EXCERPTED RECORDS: Begin

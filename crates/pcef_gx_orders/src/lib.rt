//! The orders of a Gx message, done on a session (TS 29.212, clause 4.5.2): each order is a command of the session, or
//! says why none can be.
//!
//! Its contracts say: which commands are done, in order; the session after them; each rule that couldn't be had, with
//! its name as it stood, whether it is active, and why; and the order at which the rest is left undone.
//!
//! In the order of reading: `commanding`, `finding`, `fate`, `carrying`, `naming`.
#![tactic(auto)]

mod carrying;
mod commanding;
mod fate;
mod finding;
mod naming;

pub use carrying::{CarriedOut, carry_out};
pub use commanding::command;
pub use fate::Fate;
pub use naming::{NamedOrder, with_names};
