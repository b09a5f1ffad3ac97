//! Commands of a session that stands with its workers.

ghost use Rattle.std.specs.Prelude.{◌≡◌};
ghost use Rattle.pcef_gx_orders.specs.Carrying.{Answers, Between, FatedBy};
ghost use Rattle.pcef_gx_orders.specs.Fates.{command_answer, key_fate, rule_fate, setting_fate};

use crate::fate::{Fate, key_fate, rule_fate, setting_fate};
use pcef_catalog::Detects;
use pcef_model::{Accepted, Command, Refusal, Step};
use pcef_world::{StepAnswer, WorldState};
use std::alloc::AllocError;

/// The answer to a command, among all that a step is answered. Its want of memory is a refusal, too.
fn command_answer(answer: Result<StepAnswer, AllocError>) -> Result<Accepted, Refusal>
    ensures { result ≡ command_answer answer }
{
    match answer {
        Ok(StepAnswer::Command(answer)) => answer,
        _ => Err(Refusal::NoMemory),
    }
}

/// Does a command of a session that stands with its workers, and answers it, as [`WorldState::step`]; want of memory is
/// [`Refusal::NoMemory`]. Takes memory.
pub fn command<C: Detects>(
    catalog: &C,
    world: &mut WorldState,
    asked: Command,
) -> Result<Accepted, Refusal>
    requires { C.offers catalog.now ≡ world.old.session.setting.catalog }
    ensures answer { Answers world.old asked result world.new }
    ensures workers { world.new.workers ≡ world.old.workers }
    ensures setting { world.new.session.setting ≡ world.old.session.setting }
    ensures forgotten { world.new.session.forgotten ≡ world.old.session.forgotten }
{
    command_answer(world.step(catalog, Step::Command(asked)))
}

/// A command about a rule.
pub(crate) fn for_rule<C: Detects>(catalog: &C, world: &mut WorldState, asked: Command) -> Fate
    requires { C.offers catalog.now ≡ world.old.session.setting.catalog }
    ensures fate { Between (λ p j k. FatedBy rule_fate p j asked result k) world.old world.new }
    ensures workers { world.new.workers ≡ world.old.workers }
    ensures setting { world.new.session.setting ≡ world.old.session.setting }
    ensures forgotten { world.new.session.forgotten ≡ world.old.session.forgotten }
{
    rule_fate(command(catalog, world, asked))
}

/// A subscription, or the switching on of a key.
pub(crate) fn for_setting<C: Detects>(catalog: &C, world: &mut WorldState, asked: Command) -> Fate
    requires { C.offers catalog.now ≡ world.old.session.setting.catalog }
    ensures fate { Between (λ p j k. FatedBy setting_fate p j asked result k) world.old world.new }
    ensures workers { world.new.workers ≡ world.old.workers }
    ensures setting { world.new.session.setting ≡ world.old.session.setting }
    ensures forgotten { world.new.session.forgotten ≡ world.old.session.forgotten }
{
    setting_fate(command(catalog, world, asked))
}

/// The switching off of a key, or a report of one.
pub(crate) fn for_key<C: Detects>(catalog: &C, world: &mut WorldState, asked: Command) -> Fate
    requires { C.offers catalog.now ≡ world.old.session.setting.catalog }
    ensures fate { Between (λ p j k. FatedBy key_fate p j asked result k) world.old world.new }
    ensures workers { world.new.workers ≡ world.old.workers }
    ensures setting { world.new.session.setting ≡ world.old.session.setting }
    ensures forgotten { world.new.session.forgotten ≡ world.old.session.forgotten }
{
    key_fate(command(catalog, world, asked))
}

EXCERPTED RECORDS: End

Please show every line of the entries above that contains the word "WorldState".

use pcef_world::{StepAnswer, WorldState};
/// Does a command of a session that stands with its workers, and answers it, as [`WorldState::step`]; want of memory is
    world: &mut WorldState,
pub(crate) fn for_rule<C: Detects>(catalog: &C, world: &mut WorldState, asked: Command) -> Fate
pub(crate) fn for_setting<C: Detects>(catalog: &C, world: &mut WorldState, asked: Command) -> Fate
pub(crate) fn for_key<C: Detects>(catalog: &C, world: &mut WorldState, asked: Command) -> Fate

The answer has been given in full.